Но с книгами произошла остановка. Народ в 90-е годы XX века интересовала колбаса и финансовые пирамиды. Вот и сидел, чертил на листах ватмана игровые схемы, в которые превращал свои стихи. Разрабатывал объемные головоломки. И в театре «Эксперимент» успел поактерствовать. И сценарии для первого отечественного сериала «Улицы разбитых фонарей» пописать. И роликов рекламных понапридумывать, когда вся эта индустрия только зарождалась. И музыки песенной всякой понаписать, которую никто, может, никогда и не узнает. И настольных игр. А потом, когда появились компьютерные и мобильные игры, — то и здесь отметился. И необычные аттракционы для «Фиксиков». И анимация для «Смешариков», коих и нарёк сим именем и имею честь родным папашей им приходиться. Причем меня увлекала не только сценаристика. Раскадровка — это особая радость. А почему бы еще самому и персонажей не поозвучивать?
Свобода! Вот тогда-то и случилась со мной Свобода!..
Но вот, друзья мои, мы наконец подошли к книжке, которую вы сейчас держите в руках.
Для меня она тоже некий эксперимент. Шаг в сторону. Причем шаг опять же из серии пишешь «в стол». То есть для души. Заведомо понимая, что ни одному издательству подростковые стихи, по сути дела, не нужны. Ну не коммерческий это жанр — поэзия — и всё тут!..
Кстати, о поэзии…
Ведь игровые малышовые стихи, с которыми у многих связана моя фамилия, и поэзия — это не одно и то же. Именно поэтому и в Союз писателей попал я не без труда. Некоторые коллеги были настроены категорически против: мол, никакой Шевчук и не поэт! Эквилибрист словесный! Играет словами, и всё. Никакой высоко-поэтической метафоры, никакой морали. Несерьезно — короче. Обэриут[14] — одним словом.
И это мнение было вполне обоснованным.
Ведь большинство моих старших питерских коллег по цеху, таких, как глубоко почитаемые мною Михаил Яснов и Сергей Махотин, в детскую поэзию пришли из взрослой — по необходимости, как они сами в этом признаются. А я — типа, сознательно и целенаправленно. Поэтому с настоящей поэзией они, в отличие от меня, были, действительно, на «ты».

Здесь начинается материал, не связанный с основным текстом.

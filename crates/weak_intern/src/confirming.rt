//! Whether a record whose head is that of a long text has the whole text.
ghost use Rattle.std.specs.Prelude.{true, ◌≡◌, ◌≢◌, ◌↔◌, ◌<◌};
ghost use Rattle.atomic_weak.specs.plain_state.Lists.{times};
ghost use Rattle.atomic_weak.specs.core_events.Steps.{HasRoom};
ghost use Rattle.atomic_weak.specs.core_events.Views.{without};
ghost use Rattle.atomic_weak.specs.control_word.Resting.{IsAtRest};
ghost use Rattle.atomic_weak.specs.domain_rule.Views.{object_in};
ghost use Rattle.record_making.specs.directory_law.Law.{IsBound};
ghost use Rattle.record_making.specs.directory_law.Lessons.{spent};
ghost use Rattle.record_making.specs.directory_law.Payloads.{Text};
ghost use Rattle.record_making.specs.directory_calls.Directories.{CanCount, area_of};
ghost use Rattle.record_making.specs.directory_calls.Learning.{LearnsIn};
ghost use Rattle.record_making.specs.directory_calls.Steps.{AtStep, Leaves, with_found};
ghost use Rattle.record_making.specs.Texts.{text_of};
ghost use Rattle.text_reading.specs.Reading.{HasBegun, HasRead, HasTwoFree};
ghost use Rattle.weak_intern.specs.declared.looking.Sight.TheVariants as sight;
ghost use Rattle.weak_intern.specs.Seeing.{HasSeenIn};
ghost use Rattle.weak_intern.specs.Sought.{HasPieces, IsSought};
ghost use Rattle.weak_intern.specs.Walking.{MeetsIn, met, taken};

use crate::looking::Sight;
use crate::sought::Sought;
use atomic_weak::{Domain, EventPlace, Seat, SlotId, Strong, drop_strong};
use record_making::{AnswerHead, DirectoryLaw, HasDirectory, InPart};
use text_reading::read_text;

/// What a seat meets in a record that it owns, of which it has begun to read the head, and which
/// begins as the text that is sought: the live record of that text, or a record of another one,
/// whose reference is given up. At most 700 steps.
pub(crate) fn confirm<S, P: HasDirectory<S>>(
    domain: &Domain<P>,
    seat: &mut Seat<P>,
    strong: Strong,
    sought: &Sought<'_>,
    intern: bool,
) -> Sight
    requires rest { IsAtRest domain.now seat.old }
    requires room { HasRoom seat.old.view.core }
    requires owned { 0 < times strong.slot seat.old.view.core.owned }
    requires begun { HasBegun P.seen strong.slot seat.old }
    requires head { (object_in seat.old.view strong.slot).payload ≡ sought.now.head }
    requires saw { HasSeenIn P.seen strong.slot seat.old }
    requires quota { CanCount intern (P.seen seat.old.view.client) }
    requires sought { IsSought sought.now.text.now sought.now.head sought.now.hash }
    requires free { HasTwoFree seat.old.view.core }
    requires pieces { HasPieces P.Kind.fits }
    ensures meets { MeetsIn P.seen domain.now (area_of (P.part domain.now.protocol)) strong.slot
        (text_of sought.now.text.now) result seat.old seat.new }
    ensures head { result ≢ sight.Null }
    ensures leaves { Leaves (with_found (met result)
        (without strong.slot seat.old.view.core.owned)) seat.old.view.core.weaks
        seat.old seat.new }
    ensures learns { LearnsIn P.seen P.with_seen (taken intern result)
        seat.old.view.client seat.new.view.client }
    ensures makes { seat.new.view.core.makes ≡ seat.old.view.core.makes }
    ensures adds { seat.new.view.core.adds ≡ seat.old.view.core.adds }
    ensures room { HasRoom seat.new.view.core }
    ensures rest { IsAtRest domain.now seat.new }
{
    if has_text::<S, P>(domain, seat, strong.slot(), sought) {
        answer::<S, P>(domain, seat, strong.slot(), intern);
        return Sight::Record(strong);
    }
    drop_strong(domain, seat, strong);
    Sight::Other
}

/// Whether the record has the text that is sought, which the seat has read whole then.
fn has_text<S, P: HasDirectory<S>>(
    domain: &Domain<P>,
    seat: &mut Seat<P>,
    slot: SlotId,
    sought: &Sought<'_>,
) -> bool
    requires rest { IsAtRest domain.now seat.old }
    requires room { HasRoom seat.old.view.core }
    requires owned { 0 < times slot seat.old.view.core.owned }
    requires begun { HasBegun P.seen slot seat.old }
    requires head { (object_in seat.old.view slot).payload ≡ sought.now.head }
    requires sought { IsSought sought.now.text.now sought.now.head sought.now.hash }
    requires free { HasTwoFree seat.old.view.core }
    requires pieces { HasPieces P.Kind.fits }
    ensures reads { (read : Text) × HasRead P.seen slot read seat.new
        × ((result ≡ true) ↔ (read ≡ text_of sought.now.text.now)) }
    ensures leaves { Leaves seat.old.view.core.owned seat.old.view.core.weaks seat.old seat.new }
    ensures learns { LearnsIn P.seen P.with_seen 0 seat.old.view.client seat.new.view.client }
    ensures makes { seat.new.view.core.makes ≡ seat.old.view.core.makes }
    ensures adds { seat.new.view.core.adds ≡ seat.old.view.core.adds }
    ensures room { HasRoom seat.new.view.core }
    ensures rest { IsAtRest domain.now seat.new }
{
    let mut bytes = [0u8; 4096];
    let size = read_text::<S, P>(domain, seat, slot, &mut bytes);
    &bytes[..size as usize] == sought.text
}

/// At this step the record in a slot that the seat owns, whose whole text it has read, is the live
/// record of that text. An intern of the seat is used if that is asked. One step.
fn answer<S, P: HasDirectory<S>>(domain: &Domain<P>, seat: &mut Seat<P>, slot: SlotId, intern: bool)
    requires rest { IsAtRest domain.now seat.old }
    requires room { HasRoom seat.old.view.core }
    requires owned { 0 < times slot seat.old.view.core.owned }
    requires saw { HasSeenIn P.seen slot seat.old }
    requires read { (text : Text) × HasRead P.seen slot text seat.old }
    requires quota { CanCount intern (P.seen seat.old.view.client) }
    ensures live { (text : Text) → HasRead P.seen slot text seat.old → AtStep domain.now
        (λ p. IsBound (area_of (P.part domain.now.protocol)) p text slot) seat.old seat.new }
    ensures leaves { Leaves seat.old.view.core.owned seat.old.view.core.weaks seat.old seat.new }
    ensures learns { LearnsIn P.seen P.with_seen (spent intern)
        seat.old.view.client seat.new.view.client }
    ensures makes { seat.new.view.core.makes ≡ seat.old.view.core.makes }
    ensures adds { seat.new.view.core.adds ≡ seat.old.view.core.adds }
    ensures room { HasRoom seat.new.view.core }
    ensures rest { IsAtRest domain.now seat.new }
{
    let deed = InPart::<DirectoryLaw, S, AnswerHead>::new(AnswerHead { intern });
    // A record's field 1 is read at a step that changes nothing, whatever it holds.
    domain.look(seat, EventPlace::Field(slot, 1), deed);
}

Так я и не спорю! Ну не писал я в те времена настоящей лирической и философской поэзии. Не увлекало.
А тут вот пару лет назад зацепился взглядом за картины художника Саши Ивойловой. Картины настолько многоуровневые по возможной интерпретации, что не удержался — взял и стал их зарифмовывать. Тоже без особой надежды, что какое-либо издательство ими заинтересуется. Однако питерский «Детгиз» — честь ему и хвала! — издал-таки книжку. Люблю ее несказанно!
Но что делать дальше? Картины кончились, а размышленческие стихи продолжались. Сидел и писал «в стол». По старой, выработанной годами привычке. Опять же уверенный, что это больше для себя, чем для кого-то.
И тут на тебе — михалковская премия!